百七十三話「生徒会再選」
連日投稿四日目!
「そういえば正式に生徒会に入ったんですね、墓谷さん」
「中谷です!! ほとんどあっているのに、どうしてそこを間違えるんですか!!」
恒例のやりとりを繰り広げる二人。
放課後、彰が用事で生徒会を訪れた際の一幕である。
「今回の再当選で生徒会メンバーも再編したからな。……今までは役員に三年生がいて、やりにくいところもあった」
学年が上の者を使うというのも、いろいろと遠慮するところがあるのだよ、としみじみ言うのは生徒会長の毬谷千鶴。
彰が入院している間に行われた生徒会長選挙で、他を寄せ付けない得票率で生徒会長に再当選している。
「今の社会は年功序列社会から変わってきている。毬谷なら社会に出てもそういう機会はあると思うから慣れるべき」
ぼそぼそと毬谷に言うのは同じく生徒会副会長に就いている古月香苗。
斉明高校の生徒会のシステムは会長を選挙で決めた後その会長がメンバーを選ぶ形なので、毬谷が生徒会長になった時点でこの人事は予想してしかるべきだった。
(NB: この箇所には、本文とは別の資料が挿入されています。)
//! Laws about the definitions, each the contract of a function that does nothing.
ghost use Rattle.std.specs.Prelude.{◌≡◌, ◌∷◌, ℕ, ℤ, List, IfSome};
ghost use Rattle.std.specs.List.{list_any};
ghost use Rattle.j39_frame.specs.Frame.{FrameRecord};
ghost use Rattle.j39_groups.specs.Row.{RowRecord};
ghost use Rattle.j39_listen.specs.Filter.{FilterRecord};
ghost use Rattle.j39_listen.specs.Output.{Output};
ghost use Rattle.j39_listen.specs.Report.{Entry};
ghost use Rattle.j39_listen.specs.declared.format.Clock.{Clock};
ghost use Rattle.j39_listen.specs.declared.format.Format.TheVariants.{Line};
ghost use Rattle.j39_reports.specs.Bounds.{IsLeast, IsMost};
ghost use Rattle.j39_reports.specs.SummaryRun.{MakesSummary};
ghost use Rattle.j39_reports.specs.RowText.{origin_head, row_columns, summary_columns};
ghost use Rattle.j39_reports.specs.Summary.{AreApart, Number, Row, comparable_with, firsts, have_one_origin, range_of, summary_of};
ghost use Rattle.j39_rows.specs.Row.{names_text};

use j39_listen::laws::{one_report, some_report};

/// By each table and filter a list of frames has one summary in lines: at most one, and at least one.
pub fn one_summary()
    ensures at_most { (clock : Clock) (which : FilterRecord) (groups : List RowRecord) (bus : List ℕ) (F : List FrameRecord) (x y : Output)
        → MakesSummary (Line clock) which groups bus F x → MakesSummary (Line clock) which groups bus F y → x ≡ y }
    ensures at_least { (clock : Clock) (which : FilterRecord) (groups : List RowRecord) (bus : List ℕ) (F : List FrameRecord)
        → (x : Output) × MakesSummary (Line clock) which groups bus F x }
{
    one_report();
    some_report();
}

/// A summary has a row of an origin exactly where the report has a value of it, and no two rows of one origin.
pub fn one_row_for_each_origin()
    ensures some { (entries : List Entry) (e : Entry)
        → list_any (λ row. have_one_origin e row.first) (summary_of entries)
        ≡ list_any (have_one_origin e) entries }
    ensures apart { (entries : List Entry) → AreApart (firsts entries) }
{}

/// The least of numbers is above none that can be compared with the first, and is one of them; so the most.
pub fn bounds()
    ensures least { (n : Number) (ms : List Number)
        → IfSome (range_of (n ∷ ms)) (λ range. IsLeast n.value (comparable_with n ms) range.least) }
    ensures most { (n : Number) (ms : List Number)
        → IfSome (range_of (n ∷ ms)) (λ range. IsMost n.value (comparable_with n ms) range.most) }
{}

/// The names above the records are those of each row's columns.
pub fn names()
    ensures { (groups : List RowRecord) (absent : ℕ) (row : Row)
        → names_text (origin_head row.first) (row_columns groups absent row) ≡ summary_columns }
{}
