//! Parses the commands that forge a model from a number: `make` and `exercise`.
ghost use Rattle.std.specs.Prelude.{ℕ, List, MatchOption};
ghost use Rattle.nanobot_words.specs.Rows.{exercise, make, IsRow, texts};
ghost use Rattle.nanobot_words.specs.Parsing.{row_of};

use crate::row::Row;
use crate::several::{four, three};
use crate::word::{is_name, parse_number, parse_resolution};

/// Parses `make N R M`: a number, a resolution and the name of a model. Returns `None` for any other arguments.
pub(crate) fn parse_make(words: &[String]) -> Option<Row<'_>>
    ensures { MatchOption result ((n r : ℕ) (m : List ℕ) → IsRow (texts words.now) (make n r m) → ⊥)
        (λ row. IsRow (texts words.now) (row_of row)) }
{
    let (word, number, resolution, model) = four(words)?;
    if word != "make" {
        return None;
    }
    if !is_name(model) {
        return None;
    }
    let number = parse_number(number)?;
    let resolution = parse_resolution(resolution)?;
    Some(Row::Make {
        number,
        resolution,
        model,
    })
}

/// Parses `exercise N R`: a number and a resolution. Returns `None` for any other arguments.
pub(crate) fn parse_exercise(words: &[String]) -> Option<Row<'_>>
    ensures { MatchOption result ((n r : ℕ) → IsRow (texts words.now) (exercise n r) → ⊥)
        (λ row. IsRow (texts words.now) (row_of row)) }
{
    let (word, number, resolution) = three(words)?;
    if word != "exercise" {
        return None;
    }
    let number = parse_number(number)?;
    let resolution = parse_resolution(resolution)?;
    Some(Row::Exercise { number, resolution })
}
「それにしても花先輩が会計で大丈夫なんですか? 絶対計算ミスとかやらかしそうですけど」
「そんなことないですって……たぶん」
再編に当たって、新たに中谷花も生徒会会計に選ばれている。
「最終的には私もチェックするから大丈夫だ。……だからといって、ミスが少ない方がいいのは当たり前だからな」
「わ、分かってますよぉ!」
明らかにホッと息をついた花に対して、毬谷が注意を飛ばす。
そして毬谷は手元の紙に目を落とす。
「それで君が持ってきたこの書類だが……何だ、また学級委員長になったのか君は」
「ついムシャクシャしてやりました。反省はしています」
棒読みの彰。
ちなみに彰が持ってきたのは一年二組の誰が何の係になったのか、というのが書かれたものだ。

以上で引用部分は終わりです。